Wrangling with the bank is holding up a state grant that the Minnesota African American Museum and Cultural Center is depending on. The building was locked on Monday.
Richard Sennott, Star Tribune
On Aug. 31, workers were renovating the building housing the Minnesota African American Museum and Cultural Center at 1700 3rd Av. S. in Minneapolis. Duane Kaup and Severo Alvarez worked in a hallway while Aubrey Ottley, carpentry foreman, walked up the stairs.
Richard Sennott, Star Tribune
Sept. 17, 2012: Museum misses opening date again
- Article by: RANDY FURST
- Star Tribune
- September 17, 2012 - 8:12 PM
A new museum celebrating the history of blacks in Minnesota failed to open as scheduled last weekend, the third time in the past year it has missed its own deadline for opening to the public.
The doors were locked Monday at the Minnesota African American Museum and Cultural Center at 1700 3rd Ave. S. in Minneapolis on Monday, and construction work had stopped. Inside, wires were hanging from wall outlets.
The adjacent carriage house, which housed the museum's office, was also locked.
Mahmoud El-Kati, professor emeritus at Macalester College and a member of the museum board, said he was aware the museum was not going to open last Saturday. But El-Kati said he was not privy to information about negotiations between the museum and the bank that holds the museum's mortgage.
Roxanne Givens, the museum founder, said in an interview earlier this month that it would open Sept. 15. But she also said that if differences with the bank were not resolved, construction might stop. In a text message Monday to the Star Tribune, Givens said only that negotiations with the bank continue.
The museum is depending on a $1 million grant, approved by the Legislature last year, to help with construction. But the state will not release the money until it is listed in first position on the museum mortgage. First position ensures that the state would recover some money if the museum fails.
The museum's mortgage lender, Franklin Bank, currently holds first position and has been unwilling to give it up without some other form of collateral.
"I am hoping this issue will be resolved so we can get on with the business of enlightening the community, city and state," El-Kati said. "It is a critical time for an African-American museum to come into being in Minnesota. It would be good for the social health of the entire state."

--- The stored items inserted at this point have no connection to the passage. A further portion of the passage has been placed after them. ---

//! The queues: Queue and FrontDropQueue.

ghost use Rattle.std.specs.Prelude.{◌≡◌, ◌≤◌, [], Ok, IfOk, length};
ghost use Rattle.click_classes.specs.Made.{capacity, queue, front_drop_queue};
ghost use Rattle.click_classes.specs.kept.Answers.{IsOrNoMemory};
ghost use Rattle.click_classes.specs.Acts.{queued, front_queued};

use crate::arguments::Arguments;
use crate::fault::ArgFault;
use crate::packet_list::PacketList;
use crate::state::State;
use crate::values::number::number_in;
use click_packet::Packet;
use std::alloc::Global;

/// Returns the number of packets that the queue has room for.
#[tactic(auto, unfolding(crate::specs::Made::capacity))]
fn capacity(arguments: &Arguments) -> Result<u64, ArgFault>
    ensures value { result ≡ capacity arguments.now }
    ensures bound { IfOk result (λ n. n ≤ 10000) }
{
    if !arguments.are(0, 1) {
        return Err(ArgFault::ArgumentCount);
    }
    match arguments.get(0) {
        Some(bytes) => number_in(bytes, 1, 10_000),
        None => Ok(1_000),
    }
}

/// Returns an empty list with room for `capacity` packets, or fails with out of memory.
fn list(alloc: Global, capacity: u64) -> Result<PacketList, ArgFault>
    requires { capacity ≤ 10000 }
    ensures { IsOrNoMemory (Ok (record { packets = []; capacity = capacity })) result }
{
    match PacketList::with_capacity(alloc, capacity as usize) {
        Ok(list) => Ok(list),
        Err(_) => Err(ArgFault::NoMemory),
    }
}

/// `Queue([CAPACITY])` stores packets and returns them first in, first out.
///
/// - Arguments: CAPACITY, a number from 1 to 10,000; default 1,000.
/// - Ports: one push input, one pull output.
/// - A pushed packet is stored last. If CAPACITY packets are stored already, it is dropped and
///   counted in `drops`. A pull takes the first packet out.
/// - Read handlers: `length`, the number of stored packets; `highwater_length`, its maximum since
///   the beginning or the last `reset_counts`; `drops`, the number of dropped packets, at most 2^64
///   - 1; `capacity`.
/// - Write handlers: `capacity`, from 1 to 10,000 (not a number, out of range). If more packets are
///   stored, the first ones stay and the others count as drops. `reset_counts` sets `drops` to 0
///   and `highwater_length` to the length. `reset` removes all packets.
///
/// ```click
/// FromDevice(a) -> q :: Queue(64) -> ToDevice(b);
/// ```
///
/// ```calls
/// FromDevice(a) -> q :: Queue(2) -> ToDevice(b);
/// > poll a 31,32,33
/// entered 3
/// > read q.drops
/// value 31
/// > transmit b
/// sent 31 0 0.0.0.0
/// > transmit b
/// sent 32 0 0.0.0.0
/// > transmit b
/// sent none
/// > read q.length
/// value 30
/// > read q.highwater_length
/// value 32
/// > read q.capacity
/// value 32
/// ```
#[tactic(auto, unfolding(crate::specs::Made::queue))]
pub fn make_queue(alloc: Global, arguments: &Arguments) -> Result<State, ArgFault>
    ensures { IsOrNoMemory (queue arguments.now) result }
{
    let capacity = capacity(arguments)?;
    let list = list(alloc, capacity)?;
    Ok(State::Queue {
        list,
        drops: 0,
        highest: 0,
    })
}

/// `FrontDropQueue([CAPACITY])` stores packets first in, first out, and drops the oldest if full.
///
/// - Arguments: those of Queue.
/// - Ports: one push input, one pull output.
/// - A pushed packet is stored last. If CAPACITY packets are stored already, the first one is
///   dropped for it and counted in `drops`. A pull takes the first packet out.
/// - Handlers: those of Queue.
///
/// ```click
/// FromDevice(a) -> q :: FrontDropQueue(2) -> ToDevice(b);
/// ```
///
/// ```calls
/// FromDevice(a) -> q :: FrontDropQueue(2) -> ToDevice(b);
/// > poll a 31,32,33
/// entered 3
/// > read q.drops
/// value 31
/// > read q.length
/// value 32
/// > transmit b
/// sent 32 0 0.0.0.0
/// > transmit b
/// sent 33 0 0.0.0.0
/// > transmit b
/// sent none
/// > read q.highwater_length
/// value 32
/// ```
#[tactic(auto, unfolding(crate::specs::Made::front_drop_queue))]
pub fn make_front_drop_queue(alloc: Global, arguments: &Arguments) -> Result<State, ArgFault>
    ensures { IsOrNoMemory (front_drop_queue arguments.now) result }
{
    let capacity = capacity(arguments)?;
    let list = list(alloc, capacity)?;
    Ok(State::FrontDropQueue {
        list,
        drops: 0,
        highest: 0,
    })
}

/// Appends the packet. A full queue drops the packet instead.
#[inline(never)]
pub fn store(list: &mut PacketList, drops: &mut u64, highest: &mut usize, packet: &Packet)
    ensures { queued list.old drops.old highest.old packet.now
        ≡ record { state = State.Queue list.new drops.new highest.new; packet = packet.now; outputs = record { first = 0; count = 0 } } }
{
    if list.is_full() {
        *drops = drops.saturating_add(1);
        return;
    }
    let count = list.len() + 1;
    if *highest < count {
        *highest = count;
    }
    list.push_back(packet);
}

/// Appends the packet. A full queue first drops its oldest packet.
#[inline(never)]
pub fn store_dropping_first(
    list: &mut PacketList,
    drops: &mut u64,
    highest: &mut usize,
    packet: &Packet,
)
    ensures { front_queued list.old drops.old highest.old packet.now
        ≡ record { state = State.FrontDropQueue list.new drops.new highest.new; packet = packet.now; outputs = record { first = 0; count = 0 } } }
{
    if !list.is_full() {
        list.push_back(packet);
        *highest = list.len().max(*highest);
        return;
    }
    *drops = drops.saturating_add(1);
    // A queue with room for no packet drops the new one.
    if list.len() > 0 {
        list.drop_front();
        list.push_back(packet);
    }
}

The museum is sponsoring a "salon discussion" Saturday at 2 p.m. at the Sabathani Community Center, 310 E. 38th St. in Minneapolis, to mark the 150th anniversary of President Abraham Lincoln issuing the preliminary Emancipation Proclamation.
Speakers include Bill Green, former Minneapolis school superintendent; Prof. John Wright of the University of Minnesota; Prof. Peter Rachleff of Macalester College; and former Hennepin County District Judge Lajune Lange.